## Problem details:
Every entry should be reproduced word for word.

## Material to process:
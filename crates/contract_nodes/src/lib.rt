// A contract sheet that passed its check, as the tree that the Rust has (`ast.rs`): nodes that know where they stand, and what each of them is.
#![tactic(auto)]

// `Exprs`, `FieldInits` and `Stmts` are no generic list: each reads as a list type of its own in the definitions, and a trait of their elements would need a class,
// three readings and two laws, for three bodies of ten lines. `ParamIter` are no records: they have no size of their own, and are counted.
// A list is a place and an end, or a count, and no slice: the definitions read a sheet at places, and a refusal names them.

pub mod contract; // the contract, its declarations and what they have in them
pub mod expr; // expressions
pub mod stmt; // statements

pub use contract::{Contract, Function, Param, ParamIter, Struct};
pub use expr::{Expr, ExprNode, Exprs, FieldInit, FieldInits};
pub use stmt::{SimpleNode, Stmt, StmtNode, Stmts};
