// Expressions.
ghost use Rattle.definitions.specs.Grammar.{Class};
ghost use Rattle.contract_nodes.specs.Ready.{RecordStands, StandAll};

use crate::contract::Contract;
use format::operators::BinOp;
use format::{KIND, LENGTH_BYTES, WORD, contract, kinds};
use ir::Name;
use reader::{read, read_u16};

// An expression by the place of its record. `depth` is what its subexpressions' depth stays below.
#[derive(Clone, Copy)]
pub struct Expr<'a> {
    pub contract: Contract<'a>,
    pub at: usize,
    pub depth: usize,
    pub ghost ready: { RecordStands Class.expression contract.sheet.now at depth },
}

// Expressions that stand from a place to an end: the arguments of a call or an event.
#[derive(Clone, Copy)]
pub struct Exprs<'a> {
    pub contract: Contract<'a>,
    pub at: usize,
    pub end: usize,
    pub depth: usize,
    pub ghost ready: { StandAll Class.expression contract.sheet.now at end depth },
}

// The fields of a struct literal.
#[derive(Clone, Copy)]
pub struct FieldInits<'a> {
    pub contract: Contract<'a>,
    pub at: usize,
    pub end: usize,
    pub depth: usize,
    pub ghost ready: { StandAll Class.field_init contract.sheet.now at end depth },
}

// What an expression is (`Expr` of `ast.rs`).
#[derive(Clone, Copy)]
pub enum ExprNode<'a> {
    Int(usize),
    Ident(Name),
    StorageRead(Name),
    MappingRead(Name, Expr<'a>),
    FieldAccess(Name, Expr<'a>),
    StructLiteral(Name, FieldInits<'a>),
    Binary(BinOp, Expr<'a>, Expr<'a>),
    Call(Name, Exprs<'a>),
}

// A field of a struct literal.
#[derive(Clone, Copy)]
pub struct FieldInit<'a> {
    pub name: Name,
    pub value: Expr<'a>,
}

impl<'a> Expr<'a> {
    ghost use Rattle.std.specs.Prelude.{◌≡◌, ◌+◌, ◌≤◌, length};
    ghost use Rattle.format.specs.Kinds.{expr_number};
    ghost use Rattle.sheet.specs.Passed.{record_kind};
    ghost use Rattle.contract_nodes.specs.Ready.{expr_at};
    ghost use Rattle.contract_nodes.specs.ByKind.{ExprByKind};
    ghost use Rattle.contract_nodes.specs.Nodes.{expr_in, expr_is, ExprParts};

    // The expression at a place.
    pub(crate) fn new(contract: Contract<'a>, at: usize, depth: usize) -> Self
        requires { RecordStands Class.expression contract.sheet.now at depth }
        ensures is { expr_in result ≡ expr_at contract.entry.sheet.now at }
        ensures same_sheet { result.contract.sheet.now ≡ contract.entry.sheet.now }
        ensures depth { result.depth ≡ depth }
    {
        Expr {
            contract,
            at,
            depth,
        }
    }

    fn kind(self) -> kinds::Expr
        ensures is { expr_number result ≡ record_kind self.entry.contract.sheet.now self.entry.at }
        ensures here { ExprByKind self.entry.contract.sheet.now self.entry.at self.entry.depth result }
        ensures deep { 1 ≤ self.entry.depth }
        ensures room { self.entry.at + 8 ≤ length self.entry.contract.sheet.now }
    {
        kinds::Expr::try_from(read_u16(self.contract.sheet, self.at + KIND)).unwrap()
    }

    // What it is. Inlined: a call of it for each expression takes a tenth of the time of lowering.
    #[inline(always)]
    pub fn node(self) -> ExprNode<'a>
        ensures is { expr_in self.entry ≡ expr_is self.entry.at result }
        ensures parts { ExprParts self.entry result }
    {
        let contract = self.contract;
        let s = contract.sheet;
        let kind = self.kind();
        let name = Name::new(read_u16(s, self.at + contract::NAME));
        let at = self.at + contract::AFTER_NAME;
        let end = self.at + read(s, self.at, LENGTH_BYTES);
        let depth = self.depth - 1;
        match kind {
            kinds::Expr::Int => ExprNode::Int(read(s, self.at + contract::NUMBER, WORD)),
            kinds::Expr::Ident => ExprNode::Ident(name),
            kinds::Expr::StorageRead => ExprNode::StorageRead(name),
            kinds::Expr::MappingRead => ExprNode::MappingRead(name, Expr::new(contract, at, depth)),
            kinds::Expr::FieldAccess => ExprNode::FieldAccess(name, Expr::new(contract, at, depth)),
            kinds::Expr::StructLiteral => ExprNode::StructLiteral(
                name,
                FieldInits {
                    contract,
                    at,
                    end,
                    depth,
                },
            ),
            kinds::Expr::Binary => {
                let op = BinOp::try_from(read_u16(s, self.at + contract::OPERATOR)).unwrap();
                let left = Expr::new(contract, at, depth);
                let right = Expr::new(contract, at + read(s, at, LENGTH_BYTES), depth);
                ExprNode::Binary(op, left, right)
            }
            kinds::Expr::Call => ExprNode::Call(
                name,
                Exprs {
                    contract,
                    at,
                    end,
                    depth,
                },
            ),
        }
    }
}

impl Exprs<'_> {
    ghost use Rattle.std.specs.Prelude.{◌≡◌};
    ghost use Rattle.contract_nodes.specs.Nodes.{exprs_in, count_of};

    // How many there are.
    pub fn len(self) -> usize
        ensures { result ≡ count_of (exprs_in self.entry) }
    {
        sheet::places::count(self.contract.sheet, self.at, self.end)
    }
}

impl<'a> Iterator for Exprs<'a> {
    ghost use Rattle.std.specs.Prelude.{◌-◌};
    ghost use Rattle.std.specs.Iterator.{at_most};
    ghost use Rattle.contract_nodes.specs.Nodes.{TakesExpr};

    type Item = Expr<'a>;

    ghost next_gives = { TakesExpr };

    ghost remaining = { λ l. at_most (l.end - l.at) };

    fn next(&mut self) -> Option<Expr<'a>> {
        if self.end <= self.at {
            return None;
        }
        let expr = Expr::new(self.contract, self.at, self.depth);
        self.at += read(self.contract.sheet, self.at, LENGTH_BYTES);
        Some(expr)
    }
}

impl<'a> Iterator for FieldInits<'a> {
    ghost use Rattle.std.specs.Prelude.{◌-◌};
    ghost use Rattle.std.specs.Iterator.{at_most};
    ghost use Rattle.contract_nodes.specs.Nodes.{TakesField};

    type Item = FieldInit<'a>;

    ghost next_gives = { TakesField };

    ghost remaining = { λ l. at_most (l.end - l.at) };

    fn next(&mut self) -> Option<FieldInit<'a>> {
        if self.end <= self.at {
            return None;
        }
        let s = self.contract.sheet;
        let at = self.at;
        let field = FieldInit {
            name: Name::new(read_u16(s, at + contract::NAME)),
            value: Expr::new(self.contract, at + contract::AFTER_NAME, self.depth - 1),
        };
        self.at += read(s, at, LENGTH_BYTES);
        Some(field)
    }
}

## Task result:
filename crates/contract_nodes/src/lib.rt
// A contract sheet that passed its check, as the tree that the Rust has (`ast.rs`): nodes that know where they stand, and what each of them is.
#![tactic(auto)]

// `Exprs`, `FieldInits` and `Stmts` are no generic list: each reads as a list type of its own in the definitions, and a trait of their elements would need a class,
// three readings and two laws, for three bodies of ten lines. `ParamIter` are no records: they have no size of their own, and are counted.
// A list is a place and an end, or a count, and no slice: the definitions read a sheet at places, and a refusal names them.

pub mod contract; // the contract, its declarations and what they have in them
pub mod expr; // expressions
pub mod stmt; // statements

pub use contract::{Contract, Function, Param, ParamIter, Struct};
pub use expr::{Expr, ExprNode, Exprs, FieldInit, FieldInits};
pub use stmt::{SimpleNode, Stmt, StmtNode, Stmts};
// Expressions.
ghost use Rattle.definitions.specs.Grammar.{Class};
ghost use Rattle.contract_nodes.specs.Ready.{RecordStands, StandAll};

use crate::contract::Contract;
use format::operators::BinOp;
use format::{KIND, LENGTH_BYTES, WORD, contract, kinds};
use ir::Name;
use reader::{read, read_u16};

// An expression by the place of its record. `depth` is what its subexpressions' depth stays below.
#[derive(Clone, Copy)]
pub struct Expr<'a> {
    pub contract: Contract<'a>,
    pub at: usize,
    pub depth: usize,
    pub ghost ready: { RecordStands Class.expression contract.sheet.now at depth },
}

// Expressions that stand from a place to an end: the arguments of a call or an event.
#[derive(Clone, Copy)]
pub struct Exprs<'a> {
    pub contract: Contract<'a>,
    pub at: usize,
    pub end: usize,
    pub depth: usize,
    pub ghost ready: { StandAll Class.expression contract.sheet.now at end depth },
}

// The fields of a struct literal.
#[derive(Clone, Copy)]
pub struct FieldInits<'a> {
    pub contract: Contract<'a>,
    pub at: usize,
    pub end: usize,
    pub depth: usize,
    pub ghost ready: { StandAll Class.field_init contract.sheet.now at end depth },
}

// What an expression is (`Expr` of `ast.rs`).
#[derive(Clone, Copy)]
pub enum ExprNode<'a> {
    Int(usize),
    Ident(Name),
    StorageRead(Name),
    MappingRead(Name, Expr<'a>),
    FieldAccess(Name, Expr<'a>),
    StructLiteral(Name, FieldInits<'a>),
    Binary(BinOp, Expr<'a>, Expr<'a>),
    Call(Name, Exprs<'a>),
}

// A field of a struct literal.
#[derive(Clone, Copy)]
pub struct FieldInit<'a> {
    pub name: Name,
    pub value: Expr<'a>,
}

impl<'a> Expr<'a> {
    ghost use Rattle.std.specs.Prelude.{◌≡◌, ◌+◌, ◌≤◌, length};
    ghost use Rattle.format.specs.Kinds.{expr_number};
    ghost use Rattle.sheet.specs.Passed.{record_kind};
    ghost use Rattle.contract_nodes.specs.Ready.{expr_at};
    ghost use Rattle.contract_nodes.specs.ByKind.{ExprByKind};
    ghost use Rattle.contract_nodes.specs.Nodes.{expr_in, expr_is, ExprParts};

    // The expression at a place.
    pub(crate) fn new(contract: Contract<'a>, at: usize, depth: usize) -> Self
        requires { RecordStands Class.expression contract.sheet.now at depth }
        ensures is { expr_in result ≡ expr_at contract.entry.sheet.now at }
        ensures same_sheet { result.contract.sheet.now ≡ contract.entry.sheet.now }
        ensures depth { result.depth ≡ depth }
    {
        Expr {
            contract,
            at,
            depth,
        }
    }

    fn kind(self) -> kinds::Expr
        ensures is { expr_number result ≡ record_kind self.entry.contract.sheet.now self.entry.at }
        ensures here { ExprByKind self.entry.contract.sheet.now self.entry.at self.entry.depth result }
        ensures deep { 1 ≤ self.entry.depth }
        ensures room { self.entry.at + 8 ≤ length self.entry.contract.sheet.now }
    {
        kinds::Expr::try_from(read_u16(self.contract.sheet, self.at + KIND)).unwrap()
    }

    // What it is. Inlined: a call of it for each expression takes a tenth of the time of lowering.
    #[inline(always)]
    pub fn node(self) -> ExprNode<'a>
        ensures is { expr_in self.entry ≡ expr_is self.entry.at result }
        ensures parts { ExprParts self.entry result }
    {
        let contract = self.contract;
        let s = contract.sheet;
        let kind = self.kind();
        let name = Name::new(read_u16(s, self.at + contract::NAME));
        let at = self.at + contract::AFTER_NAME;
        let end = self.at + read(s, self.at, LENGTH_BYTES);
        let depth = self.depth - 1;
        match kind {
            kinds::Expr::Int => ExprNode::Int(read(s, self.at + contract::NUMBER, WORD)),
            kinds::Expr::Ident => ExprNode::Ident(name),
            kinds::Expr::StorageRead => ExprNode::StorageRead(name),
            kinds::Expr::MappingRead => ExprNode::MappingRead(name, Expr::new(contract, at, depth)),
            kinds::Expr::FieldAccess => ExprNode::FieldAccess(name, Expr::new(contract, at, depth)),
            kinds::Expr::StructLiteral => ExprNode::StructLiteral(
                name,
                FieldInits {
                    contract,
                    at,
                    end,
                    depth,
                },
            ),
            kinds::Expr::Binary => {
                let op = BinOp::try_from(read_u16(s, self.at + contract::OPERATOR)).unwrap();
                let left = Expr::new(contract, at, depth);
                let right = Expr::new(contract, at + read(s, at, LENGTH_BYTES), depth);
                ExprNode::Binary(op, left, right)
            }
            kinds::Expr::Call => ExprNode::Call(
                name,
                Exprs {
                    contract,
                    at,
                    end,
                    depth,
                },
            ),
        }
    }
}

impl Exprs<'_> {
    ghost use Rattle.std.specs.Prelude.{◌≡◌};
    ghost use Rattle.contract_nodes.specs.Nodes.{exprs_in, count_of};

    // How many there are.
    pub fn len(self) -> usize
        ensures { result ≡ count_of (exprs_in self.entry) }
    {
        sheet::places::count(self.contract.sheet, self.at, self.end)
    }
}

impl<'a> Iterator for Exprs<'a> {
    ghost use Rattle.std.specs.Prelude.{◌-◌};
    ghost use Rattle.std.specs.Iterator.{at_most};
    ghost use Rattle.contract_nodes.specs.Nodes.{TakesExpr};

    type Item = Expr<'a>;

    ghost next_gives = { TakesExpr };

    ghost remaining = { λ l. at_most (l.end - l.at) };

    fn next(&mut self) -> Option<Expr<'a>> {
        if self.end <= self.at {
            return None;
        }
        let expr = Expr::new(self.contract, self.at, self.depth);
        self.at += read(self.contract.sheet, self.at, LENGTH_BYTES);
        Some(expr)
    }
}

impl<'a> Iterator for FieldInits<'a> {
    ghost use Rattle.std.specs.Prelude.{◌-◌};
    ghost use Rattle.std.specs.Iterator.{at_most};
    ghost use Rattle.contract_nodes.specs.Nodes.{TakesField};

    type Item = FieldInit<'a>;

    ghost next_gives = { TakesField };

    ghost remaining = { λ l. at_most (l.end - l.at) };

    fn next(&mut self) -> Option<FieldInit<'a>> {
        if self.end <= self.at {
            return None;
        }
        let s = self.contract.sheet;
        let at = self.at;
        let field = FieldInit {
            name: Name::new(read_u16(s, at + contract::NAME)),
            value: Expr::new(self.contract, at + contract::AFTER_NAME, self.depth - 1),
        };
        self.at += read(s, at, LENGTH_BYTES);
        Some(field)
    }
}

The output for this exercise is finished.